Automated cell disruption is a reliable and effective method of isolating RNA from fresh snap-frozen normal and malignant oral mucosa samples

Sébastien Van der Vorst
  • 1Center for Applied Molecular Technology, Université catholique de Louvain, Brussels, Belgium and Department of Head and Neck Surgery, Head and Neck Oncology Program, Cliniques universitaires Saint-Luc, Université catholique de Louvain, Brussels, Belgium
/ Anne-France Dekairelle
  • 2Center for Applied Molecular Technology, Université catholique de Louvain, Brussels, Belgium
/ Léonid Irenge
  • 3Center for Applied Molecular Technology, Université catholique de Louvain, Brussels, Belgium and Defense Laboratories Department, Belgian Armed Forces, Brussels, Belgium
/ Marc Hamoir
  • 4Department of Head and Neck Surgery, Head and Neck Oncology Program, Cliniques universitaires Saint-Luc, Université catholique de Louvain, Brussels, Belgium
/ Annie Robert
  • 5Epidemiology and Biostatistics, Cliniques universitaires Saint-Luc, Université catholique de Louvain, Brussels, Belgium
/ Jean-Luc Gala
  • 6Center for Applied Molecular Technology, Université catholique de Louvain, Brussels, Belgium and Defense Laboratories Department, Belgian Armed Forces, Brussels, Belgium
Published Online: 2009-02-05 | DOI: https://doi.org/10.1515/CCLM.2009.070

Abstract

Background: This study compared automated vs. manual tissue grinding in terms of RNA yield obtained from oral mucosa biopsies.

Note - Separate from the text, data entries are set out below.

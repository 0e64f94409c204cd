// Findings in words.
ghost use Rattle.std.specs.Prelude.{◌≡◌, IfOk, map, string_bytes};
ghost use Rattle.explain_report.specs.Arms.{arms_view};
ghost use Rattle.explain_text.specs.Diagnosing.{diagnostic_of};
ghost use Rattle.explain_text.specs.Diagnostics.{diagnostic_view};
ghost use Rattle.explain_text.specs.Findings.{finding_view, kind_view};
ghost use Rattle.explain_text.specs.Messages.{code_text, label_text, title_text};

use crate::diagnostics::Diagnostic;
use crate::findings::{Finding, Kind};
use crate::messages::{is_error, place_name, push_code, push_label, push_title};
use crate::notes::notes_of;
use std::alloc::{AllocError, Global};

// A short name of what is found.
fn code_of(alloc: Global, kind: &Kind<'_, '_>) -> Result<String, AllocError>
    ensures { IfOk result (λ code. string_bytes code ≡ code_text (kind_view kind.now)) }
{
    let mut code = String::new(alloc);
    push_code(&mut code, kind)?;
    Ok(code)
}

// What is found at what has this name.
fn title_of(alloc: Global, name: &str, kind: &Kind<'_, '_>) -> Result<String, AllocError>
    ensures { IfOk result (λ title. string_bytes title ≡ title_text name.now (kind_view kind.now)) }
{
    let mut title = String::new(alloc);
    push_title(&mut title, name, kind)?;
    Ok(title)
}

// What is said at its place.
fn label_of(alloc: Global, name: &str, kind: &Kind<'_, '_>) -> Result<String, AllocError>
    ensures { IfOk result (λ label. string_bytes label ≡ label_text name.now (kind_view kind.now)) }
{
    let mut label = String::new(alloc);
    push_label(&mut label, name, kind)?;
    Ok(label)
}

// A finding in words, by the text behind a byte order mark and the arms to add to each function.
fn diagnostic_of(
    alloc: Global,
    text: &[u8],
    mark: usize,
    arms: &[Vec<String>],
    finding: &Finding<'_, '_>,
) -> Result<Diagnostic, AllocError>
    ensures { IfOk result (λ d. diagnostic_view d
        ≡ diagnostic_of text.now mark (map arms_view arms.now) (finding_view finding.now)) }
{
    let name = place_name(alloc, text, mark, finding.place)?;
    let code = code_of(alloc, &finding.kind)?;
    let title = title_of(alloc, name.as_str(), &finding.kind)?;
    let label = label_of(alloc, name.as_str(), &finding.kind)?;
    let notes = notes_of(alloc, arms, name.as_str(), &finding.kind)?;
    Ok(Diagnostic {
        breaks: is_error(&finding.kind),
        code,
        title,
        place: finding.place,
        label,
        notes,
    })
}

// Findings in words.
pub(crate) fn diagnostics_of(
    alloc: Global,
    text: &[u8],
    mark: usize,
    arms: &[Vec<String>],
    findings: &[Finding<'_, '_>],
) -> Result<Vec<Diagnostic>, AllocError>
    ensures { IfOk result (λ ds. map diagnostic_view ds.items
        ≡ map (diagnostic_of text.now mark (map arms_view arms.now)) (map finding_view findings.now)) }
{
    let mut all = Vec::with_capacity(alloc, findings.len())?;
    for finding in findings {
        let one = diagnostic_of(alloc, text, mark, arms, finding)?;
        all.push(one)?;
    }
    Ok(all)
}
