// The place of a finding with its line.
ghost use Rattle.std.specs.Prelude.{◌≡◌, ◌++◌, ◌≤◌, ◌-◌, OnOk, IfOk, length, string_bytes, decimal};
ghost use Rattle.std.specs.List.{All};
ghost use Rattle.explain_lines.specs.Lines.{spot_at};
ghost use Rattle.explain_lines.specs.Steps.{IsSpotOf};
ghost use Rattle.explain_text.specs.Frames.{AreParts, arrow_text, bar_text, caret_text, gutter, indent_text, marks_text, place_text, source_text, span_text};

use crate::shown::{blanks, carets, left_part, marked_part, right_part};
use crate::source::Source;
use crate::styles::{Style, push_styled};
use explain_lines::{Spot, spot_of};
use explain_places::Span;
use std::alloc::{AllocError, Global};
use unicode_width::UnicodeWidthStr;

/// A line of the source in parts: what stands before its place, before the lines below and before the line itself; the
/// line before and behind the mark; and the blanks and marks below it.
#[derive(Debug, Drop)]
pub(crate) struct Parts {
    pub pad: String,
    pub bar: String,
    pub head: String,
    pub left: String,
    pub right: String,
    pub space: String,
    pub marks: String,
}

// The spot of a place of the file.
fn spot_in(source: &Source<'_>, at: usize) -> Spot
    requires right { All (IsSpotOf source.now.text.now) source.now.spots.now }
    requires within { at - source.now.mark ≤ length source.now.text.now }
    ensures { result ≡ spot_at source.now.text.now (at - source.now.mark) }
{
    let place = at.saturating_sub(source.mark);
    spot_of(source.text, source.spots, place)
}

// Where a span of the file ends.
fn end_in(source: &Source<'_>, span: &Span) -> usize
    ensures { result ≡ span.now.to - source.now.mark }
{
    span.to.saturating_sub(source.mark)
}

// Adds the name of the file, the line and the column.
pub(crate) fn push_place(
    text: &mut String,
    source: &Source<'_>,
    at: usize,
) -> Result<(), AllocError>
    requires right { All (IsSpotOf source.now.text.now) source.now.spots.now }
    requires within { at - source.now.mark ≤ length source.now.text.now }
    ensures { OnOk result (string_bytes text.new
        ≡ string_bytes text.old ++ place_text source.now.name.now source.now.text.now (at - source.now.mark)) }
{
    let spot = spot_in(source, at);
    let line = spot.line;
    let column = spot.column;
    text.push_str(source.name)?;
    write!(text, ":{line}:{column}")?;
    Ok(())
}

// The blanks below a line's number.
pub(crate) fn gutter(alloc: Global, line: usize) -> Result<String, AllocError>
    ensures { IfOk result (λ pad. string_bytes pad ≡ gutter line) }
{
    let number = line.to_string(alloc)?;
    let pad = blanks(alloc, number.as_str().len())?;
    Ok(pad)
}

// What stands before a line, as far as its bar.
fn bar_text(alloc: Global, pad: &str) -> Result<String, AllocError>
    ensures { IfOk result (λ bar. string_bytes bar ≡ bar_text pad.now) }
{
    let mut bar = String::from_str(alloc, pad)?;
    bar.push_str(" |")?;
    Ok(bar)
}

// The number of a line, and its bar.
fn head_text(alloc: Global, line: usize) -> Result<String, AllocError>
    ensures { IfOk result (λ head. string_bytes head ≡ bar_text (decimal line)) }
{
    let number = line.to_string(alloc)?;
    bar_text(alloc, number.as_str())
}

// Carets below what is marked, and what is said of it.
fn marks_text(alloc: Global, marked: &str, label: &str) -> Result<String, AllocError>
    ensures { IfOk result (λ marks. string_bytes marks ≡ marks_text marked.now label.now) }
{
    let wide = marked.width();
    let count = wide.max(1);
    let mut marks = carets(alloc, count)?;
    marks.push_str(label)?;
    Ok(marks)
}

// The blanks below what is shown before a mark.
fn indent_text(alloc: Global, left: &str) -> Result<String, AllocError>
    ensures { IfOk result (λ space. string_bytes space ≡ indent_text left.now) }
{
    let indent = left.width();
    let space = blanks(alloc, indent)?;
    Ok(space)
}

// The parts of the line of a span, and of what stands around it.
fn parts_of(
    alloc: Global,
    source: &Source<'_>,
    span: &Span,
    label: &str,
) -> Result<Parts, AllocError>
    requires right { All (IsSpotOf source.now.text.now) source.now.spots.now }
    requires within { span.now.from - source.now.mark ≤ length source.now.text.now }
    ensures { IfOk result (λ parts. AreParts source.now.text.now (span.now.from - source.now.mark)
        (span.now.to - source.now.mark) label.now parts) }
{
    let spot = spot_in(source, span.from);
    let to = end_in(source, span);
    let pad = gutter(alloc, spot.line)?;
    let bar = bar_text(alloc, pad.as_str())?;
    let head = head_text(alloc, spot.line)?;
    let left = left_part(alloc, source.text, spot)?;
    let inside = marked_part(alloc, source.text, spot.at, to)?;
    let right = right_part(alloc, source.text, spot.at)?;
    let space = indent_text(alloc, left.as_str())?;
    let marks = marks_text(alloc, inside.as_str(), label)?;
    Ok(Parts {
        pad,
        bar,
        head,
        left,
        right,
        space,
        marks,
    })
}

// Adds where the finding stands.
fn push_arrow(
    text: &mut String,
    parts: &Parts,
    source: &Source<'_>,
    at: usize,
) -> Result<(), AllocError>
    requires right { All (IsSpotOf source.now.text.now) source.now.spots.now }
    requires within { at - source.now.mark ≤ length source.now.text.now }
    ensures { OnOk result (string_bytes text.new ≡ string_bytes text.old
        ++ arrow_text source.now.paint (string_bytes parts.now.pad) (string_bytes parts.now.bar)
        source.now.name.now source.now.text.now (at - source.now.mark)) }
{
    text.push_str(parts.pad.as_str())?;
    push_styled(text, source.paint, Style::Frame, "--> ")?;
    push_place(text, source, at)?;
    text.push_str("\n")?;
    push_styled(text, source.paint, Style::Frame, parts.bar.as_str())?;
    text.push_str("\n")?;
    Ok(())
}

// Adds the line.
fn push_source(text: &mut String, paint: bool, parts: &Parts) -> Result<(), AllocError>
    ensures { OnOk result (string_bytes text.new ≡ string_bytes text.old
        ++ source_text paint (string_bytes parts.now.head) (string_bytes parts.now.left) (string_bytes parts.now.right)) }
{
    push_styled(text, paint, Style::Frame, parts.head.as_str())?;
    text.push_str(" ")?;
    text.push_str(parts.left.as_str())?;
    text.push_str(parts.right.as_str())?;
    text.push_str("\n")?;
    Ok(())
}

// Adds marks in a style below the line.
fn push_caret(text: &mut String, paint: bool, style: Style, parts: &Parts) -> Result<(), AllocError>
    ensures { OnOk result (string_bytes text.new ≡ string_bytes text.old
        ++ caret_text paint style (string_bytes parts.now.bar) (string_bytes parts.now.space) (string_bytes parts.now.marks)) }
{
    push_styled(text, paint, Style::Frame, parts.bar.as_str())?;
    text.push_str(" ")?;
    text.push_str(parts.space.as_str())?;
    push_styled(text, paint, style, parts.marks.as_str())?;
    text.push_str("\n")?;
    Ok(())
}

// Adds the place of a span, its line, and carets with a label in a style.
pub(crate) fn push_frame(
    alloc: Global,
    text: &mut String,
    source: &Source<'_>,
    span: &Span,
    style: Style,
    label: &str,
) -> Result<(), AllocError>
    requires right { All (IsSpotOf source.now.text.now) source.now.spots.now }
    requires within { span.now.from - source.now.mark ≤ length source.now.text.now }
    ensures { OnOk result (string_bytes text.new ≡ string_bytes text.old
        ++ span_text source.now.paint style label.now source.now.name.now source.now.text.now source.now.mark span.now) }
{
    let parts = parts_of(alloc, source, span, label)?;
    push_arrow(text, &parts, source, span.from)?;
    push_source(text, source.paint, &parts)?;
    push_caret(text, source.paint, style, &parts)?;
    Ok(())
}
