// The findings of a report.
ghost use Rattle.std.specs.Prelude.{◌≡◌, ◌++◌, ◌∷◌, [], OnOk, IfOk, map};
ghost use Rattle.explain_report.specs.Records.{judged_view, refused_view, function_view, report_view, overlap_view};
ghost use Rattle.explain_places.specs.Bodies.{bodies_of};
ghost use Rattle.explain_places.specs.Spans.{Rise};
ghost use Rattle.explain_text.specs.Findings.{finding_view, head_of, broken_at, broken_place, byte_place, file_broken_place, unreached_finding, overlap_finding, missing_findings, function_findings, functions_findings, report_findings, refused_finding};

use crate::source::is_place;
use explain_places::{
    Body, End, Piece, Place, Span, binding_at, name_at, pair_at, pattern_at, token_at,
};
use explain_report::{Function, Judged, Overlap, Refused, Report, Unreached, Verdict};
use std::alloc::{AllocError, Global};

/// What a finding says.
#[derive(Clone, Copy, Debug)]
pub(crate) enum Kind<'r, 'a> {
    /// The match of a function is not exhaustive: the function's number, where arms are added, and what is missing.
    Missing {
        function: &'a str,
        number: usize,
        end: End,
        witnesses: &'r [&'a str],
    },
    /// No value reaches an arm, or an alternative.
    Unreached {
        function: &'a str,
        whole: bool,
    },
    /// Two ranges have one number in common; the place of the other one.
    Overlap {
        function: &'a str,
        other: Place,
        value: &'a str,
    },
    /// A function breaks a rule.
    Refused {
        function: &'a str,
        rule: u64,
        name: &'a str,
    },
    /// The file breaks a rule.
    FileRefused {
        rule: u64,
        name: &'a str,
    },
}

/// A finding, and its place.
#[derive(Clone, Copy, Debug)]
pub(crate) struct Finding<'r, 'a> {
    pub place: Place,
    pub kind: Kind<'r, 'a>,
}

/// A function of the file: its number from 0, what its match is on, and where arms are added to it.
#[derive(Clone, Copy, Debug)]
pub(crate) struct Head {
    pub number: usize,
    pub scrutinee: Place,
    pub end: End,
}

/// A file: its bytes, its tokens, and the bodies of its functions.
#[derive(Clone, Copy, Debug)]
pub(crate) struct Site<'s> {
    pub file: &'s [u8],
    pub pieces: &'s [Piece],
    pub bodies: &'s [Body],
}

// Adds the arms and alternatives that no value reaches.
fn add_unreached<'r, 'a>(
    found: &mut Vec<Finding<'r, 'a>>,
    pieces: &[Piece],
    function: &'a str,
    all: &[Unreached],
) -> Result<(), AllocError>
    requires { Rise pieces.now }
    ensures { OnOk result (map finding_view found.new.items
        ≡ map finding_view found.old.items ++ map (unreached_finding pieces.now function.now) all.now) }
{
    for one in all {
        found.push(Finding {
            place: pattern_at(pieces, one.at as usize, one.whole),
            kind: Kind::Unreached {
                function,
                whole: one.whole,
            },
        })?;
    }
    Ok(())
}

// Adds the ranges that overlap.
fn add_overlaps<'r, 'a>(
    found: &mut Vec<Finding<'r, 'a>>,
    pieces: &[Piece],
    function: &'a str,
    all: &[Overlap<'a>],
) -> Result<(), AllocError>
    requires { Rise pieces.now }
    ensures { OnOk result (map finding_view found.new.items
        ≡ map finding_view found.old.items ++ map (overlap_finding pieces.now function.now) (map overlap_view all.now)) }
{
    for one in all {
        found.push(Finding {
            place: pattern_at(pieces, one.at as usize, false),
            kind: Kind::Overlap {
                function,
                other: pattern_at(pieces, one.with as usize, false),
                value: one.value,
            },
        })?;
    }
    Ok(())
}

// Adds that the match of a function is not exhaustive.
fn add_missing<'r, 'a>(
    found: &mut Vec<Finding<'r, 'a>>,
    function: &'a str,
    head: Head,
    judged: &'r Judged<'a>,
) -> Result<(), AllocError>
    ensures { OnOk result (map finding_view found.new.items
        ≡ map finding_view found.old.items ++ missing_findings function.now head (judged_view judged.now)) }
{
    if !judged.exhaustive {
        found.push(Finding {
            place: head.scrutinee,
            kind: Kind::Missing {
                function,
                number: head.number,
                end: head.end,
                witnesses: judged.witnesses.as_slice(),
            },
        })?;
    }
    Ok(())
}

// Where a function breaks a rule whose place begins there.
fn broken_at(pieces: &[Piece], rule: u64, at: usize) -> Place
    requires { Rise pieces.now }
    ensures { result ≡ broken_at pieces.now rule at }
{
    match rule {
        34 => pair_at(pieces, at),
        21 | 30 => binding_at(pieces, at),
        _ => pattern_at(pieces, at, false),
    }
}

// Where a function breaks a rule.
fn broken_place(pieces: &[Piece], rule: u64, at: Option<u64>) -> Place
    requires { Rise pieces.now }
    ensures { result ≡ broken_place pieces.now rule at }
{
    match at {
        Some(at) => broken_at(pieces, rule, at as usize),
        None => Place::Nowhere,
    }
}

// Adds what is found of a function.
fn add_function<'r, 'a>(
    found: &mut Vec<Finding<'r, 'a>>,
    pieces: &[Piece],
    head: Head,
    function: &'r Function<'a>,
) -> Result<(), AllocError>
    requires { Rise pieces.now }
    ensures { OnOk result (map finding_view found.new.items
        ≡ map finding_view found.old.items ++ function_findings pieces.now head (function_view function.now)) }
{
    match &function.verdict {
        Verdict::Judged(judged) => {
            add_missing(found, function.name, head, judged)?;
            add_unreached(found, pieces, function.name, judged.unreachable.as_slice())?;
            add_overlaps(found, pieces, function.name, judged.overlaps.as_slice())?;
            Ok(())
        }
        Verdict::Refused(refused) => {
            found.push(Finding {
                place: broken_place(pieces, refused.rule, refused.at),
                kind: Kind::Refused {
                    function: function.name,
                    rule: refused.rule,
                    name: refused.name,
                },
            })?;
            Ok(())
        }
    }
}

// The function of this number: what its match is on, and where arms are added to it.
fn head_of(site: &Site<'_>, i: usize) -> Head
    requires { site.now.bodies.now ≡ bodies_of site.now.pieces.now }
    ensures { result ≡ head_of site.now.pieces.now i }
{
    match site.bodies.get(i) {
        Some(body) => Head {
            number: i,
            scrutinee: Place::There(body.scrutinee),
            end: body.end,
        },
        None => Head {
            number: i,
            scrutinee: Place::Lost,
            end: End {
                place: Place::Nowhere,
                comma: false,
            },
        },
    }
}

// What is found of functions.
fn functions_findings<'r, 'a>(
    alloc: Global,
    site: &Site<'_>,
    functions: &'r [Function<'a>],
) -> Result<Vec<Finding<'r, 'a>>, AllocError>
    requires order { Rise site.now.pieces.now }
    requires bodies { site.now.bodies.now ≡ bodies_of site.now.pieces.now }
    ensures { IfOk result (λ found. map finding_view found.items
        ≡ functions_findings site.now.pieces.now 0 (map function_view functions.now)) }
{
    let mut found = Vec::new(alloc);
    for i in 0..functions.len() {
        add_function(&mut found, site.pieces, head_of(site, i), &functions[i])?;
    }
    Ok(found)
}

// A byte of the file, or any one where it is no text.
fn byte_place(file: &[u8], at: u64, any: bool) -> Place
    ensures { result ≡ byte_place file.now at any }
{
    if is_place(file, at, any) {
        let from = at as usize;
        Place::There(Span { from, to: from })
    } else {
        Place::Lost
    }
}

// Where the file breaks a rule.
fn file_broken_place(site: &Site<'_>, rule: u64, at: Option<u64>) -> Place
    requires { Rise site.now.pieces.now }
    ensures { result ≡ file_broken_place site.now.file.now site.now.pieces.now rule at }
{
    match at {
        Some(at) if rule <= 5 => byte_place(site.file, at, rule == 1),
        Some(at) if rule == 6 => token_at(site.pieces, at as usize),
        Some(at) => name_at(site.pieces, at as usize),
        None => Place::Nowhere,
    }
}

// What is found of a file that is refused.
fn refused_finding<'r, 'a>(site: &Site<'_>, refused: &Refused<'a>) -> Finding<'r, 'a>
    requires { Rise site.now.pieces.now }
    ensures { finding_view result ≡ refused_finding site.now.file.now site.now.pieces.now (refused_view refused.now) }
{
    Finding {
        place: file_broken_place(site, refused.rule, refused.at),
        kind: Kind::FileRefused {
            rule: refused.rule,
            name: refused.name,
        },
    }
}

// What a report has found, in its order.
pub(crate) fn report_findings<'r, 'a>(
    alloc: Global,
    site: &Site<'_>,
    report: &'r Report<'a>,
) -> Result<Vec<Finding<'r, 'a>>, AllocError>
    requires order { Rise site.now.pieces.now }
    requires bodies { site.now.bodies.now ≡ bodies_of site.now.pieces.now }
    ensures { IfOk result (λ found. map finding_view found.items
        ≡ report_findings site.now.file.now site.now.pieces.now (report_view report.now)) }
{
    match report {
        Report::Functions(functions) => functions_findings(alloc, site, functions.as_slice()),
        Report::Refused(refused) => {
            let mut found = Vec::with_capacity(alloc, 1)?;
            found.push(refused_finding(site, refused))?;
            Ok(found)
        }
    }
}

Methods: A total of 20 patients undergoing uvulectomy for sleep-related disorders and 10 patients undergoing biopsy for head and neck squamous cell carcinoma were enrolled in the study. Samples were collected, snap-frozen in liquid nitrogen, and divided into two parts of similar weight. Sample grinding was performed on one sample from each pair, either manually or using an automated cell disruptor. The performance and efficacy of each homogenization approach was compared in terms of total RNA yield (spectrophotometry, fluorometry), mRNA quantity [densitometry of specific TP53 amplicons and TP53 quantitative reverse-transcribed real-time PCR (qRT-PCR)], and mRNA quality (functional analysis of separated alleles in yeast).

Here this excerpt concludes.